Response from Zimbabwe’s Government

On March 30, 2020, President Mnangagwa reopened the markets to aid small-scale farmers and traders in the difficulties they faced since the beginning of the COVID-19 pandemic. While this may seem to not directly address hunger in Zimbabwe, the decision has determined their survival in the upcoming months. Prior to this change, farmers and traders could not go outside or attend to their crop which limited their income as well as their food supply.

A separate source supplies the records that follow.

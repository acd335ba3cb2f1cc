//! Finds what of a map or of a register a fault is about.

ghost use Rattle.std.specs.Prelude.{◌≡◌, List};
ghost use Rattle.edn_reader.specs.Grammar.{ElementModel};
ghost use Rattle.edn_reader.specs.Lent.{piece_of, PairsLeft, MembersLeft};
ghost use Rattle.tower_file.specs.Located.{at_key, pairs_under, key_of, key_of_field, is_wrong, is_misformed, first_wrong_element, IsInValue, IsInRegister};
ghost use Rattle.tower_file.specs.Stated.{NextUnder};

use crate::element::{process_of, value_of};
use crate::fault::{TowerFault, TowerField};
use crate::place::part_of;
use crate::registers::Registers;
use edn_reader::{Element, Field, MapView, VectorView};

/// The next pair under a key. What comes after it is then left in the view.
fn next_under<'t>(view: &mut MapView<'t>, key: &[u8]) -> Option<(Element<'t>, Element<'t>)>
    ensures { (pairs : List (ElementModel × ElementModel)) → PairsLeft view.old pairs → NextUnder key.now result view.new pairs }
{
    while let Some((name, value)) = view.next_pair() {
        if name.is_keyword(key) {
            return Some((name, value));
        }
    }
    None
}

/// The value where a key is there once, the second key where it is there again, and the whole map where it is
/// missing.
pub fn at_key<'t>(whole: &Element<'t>, map: &MapView<'t>, key: &[u8]) -> Element<'t>
    ensures { (pairs : List (ElementModel × ElementModel)) → PairsLeft map.now pairs → piece_of result ≡ at_key (piece_of whole.now) (pairs_under key.now pairs) }
{
    let mut view = *map;
    let Some((_, value)) = next_under(&mut view, key) else {
        return *whole;
    };
    match next_under(&mut view, key) {
        Some((name, _)) => name,
        None => value,
    }
}

/// What of a register a fault is about.
pub fn in_register<'t>(
    element: &Element<'t>,
    fault: TowerFault,
    first: usize,
    registers: &Registers,
) -> Element<'t>
    ensures { IsInRegister first registers.now fault (piece_of element.now) (piece_of result) }
{
    let Some(map) = element.as_map() else {
        return *element;
    };
    let key = key_of(fault);
    match map.field(key) {
        Field::Once(value) => in_value(&value, fault, first, registers),
        Field::Absent | Field::Twice => at_key(element, &map, key),
    }
}

/// The first element of a vector that is wrong; the whole value where none is, or where it is no vector.
fn in_value<'t>(
    value: &Element<'t>,
    fault: TowerFault,
    first: usize,
    registers: &Registers,
) -> Element<'t>
    ensures { IsInValue first registers.now fault (piece_of value.now) (piece_of result) }
{
    match value.as_vector() {
        Some(view) => first_wrong(value, view, fault, first, registers),
        None => *value,
    }
}

fn first_wrong<'t>(
    whole: &Element<'t>,
    view: VectorView<'t>,
    fault: TowerFault,
    first: usize,
    registers: &Registers,
) -> Element<'t>
    ensures { (members : List ElementModel) → MembersLeft view.entry members
        → piece_of result ≡ first_wrong_element (is_wrong fault first registers.now) (piece_of whole.now) members }
{
    let mut left = view;
    while let Some(element) = left.next() {
        if is_wrong(fault, &element, first, registers) {
            return element;
        }
    }
    *whole
}

/// Whether an element of a vector is what a fault is about: it has another form, or names no register of an earlier
/// level.
fn is_wrong(fault: TowerFault, element: &Element, first: usize, registers: &Registers) -> bool
    ensures { result ≡ is_wrong fault first registers.now (piece_of element.now) }
{
    match fault {
        TowerFault::Shape(field) => is_misformed(field, element),
        TowerFault::UnknownPart => part_of(element, first, registers).is_err(),
        _ => false,
    }
}

fn is_misformed(field: TowerField, element: &Element) -> bool
    ensures { result ≡ is_misformed field (piece_of element.now) }
{
    match field {
        TowerField::Writers => process_of(element).is_err(),
        TowerField::Domain => value_of(element).is_err(),
        _ => false,
    }
}

/// The key of a register that a fault is about; empty where it is about the whole register.
fn key_of(fault: TowerFault) -> &'static [u8]
    ensures { result.now ≡ key_of fault }
{
    match fault {
        TowerFault::Shape(field) => key_of_field(field),
        TowerFault::NameTaken => b":name",
        TowerFault::WriterCount => b":writers",
        TowerFault::UnknownPart => b":of",
        TowerFault::EmptyDomain => b":domain",
        TowerFault::InitialOutOfDomain | TowerFault::UnknownInitial => b":initial",
        TowerFault::Edn(_) | TowerFault::TooMany | TowerFault::Memory => b"",
    }
}

fn key_of_field(field: TowerField) -> &'static [u8]
    ensures { result.now ≡ key_of_field field }
{
    match field {
        TowerField::Name => b":name",
        TowerField::Kind => b":kind",
        TowerField::Writers => b":writers",
        TowerField::Initial => b":initial",
        TowerField::Domain => b":domain",
        TowerField::Parts => b":of",
        TowerField::Fixed => b":fixed",
        TowerField::File | TowerField::Levels | TowerField::Registers => b"",
    }
}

The Borgen Project interviewed Nkocy Thando, a farmer living in rural areas within the Bulawayo area of Zimbabwe. Thando stated that since the markets have opened up again, locals have been able to “work when they open in the morning to three [in] the afternoon.” He expressed his immense gratitude for this change and stated that he felt that “all would be okay soon.”

Aid from China

The Chinese Embassy and the private sector are also combating hunger in Zimbabwe by addressing COVID-19 needs. RFI, a worldwide French news and current affairs broadcast reported that China’s efforts have included:

  1. Completing an upgrade worth $500,000 to the Wilkins Infectious Diseases Hospital, which is the main COVID-19 center in Harare, Zimbabwe.
  2. Two Chinese firms providing 1,000 goggles, 50,000 masks and 510 protective suits to a charity that the First Lady, Auxillia Mnangagwa, runs.
  3. The Chinese Embassy equipping Zimbabwe with 7,600 suits for protection, 166,000 masks, 20,000 testing kits, 12,000 pairs of gloves and five ventilators.
  4. The China International Development Cooperation Agency donating $3 million to UNICEF Zimbabwe.

Diverse Responses

There are many organizations working to address the existing and intensifying issues of hunger, starvation and high malnutrition rates in Zimbabwe. However, their solutions range from governmental mandates reopening markets to increased funding for poverty-reduction organizations in the United Nations (UN). While the current responses to hunger in Zimbabwe seem mainly focused on COVID-19 efforts, they still are making a difference in combating intensified hunger in Zimbabwe.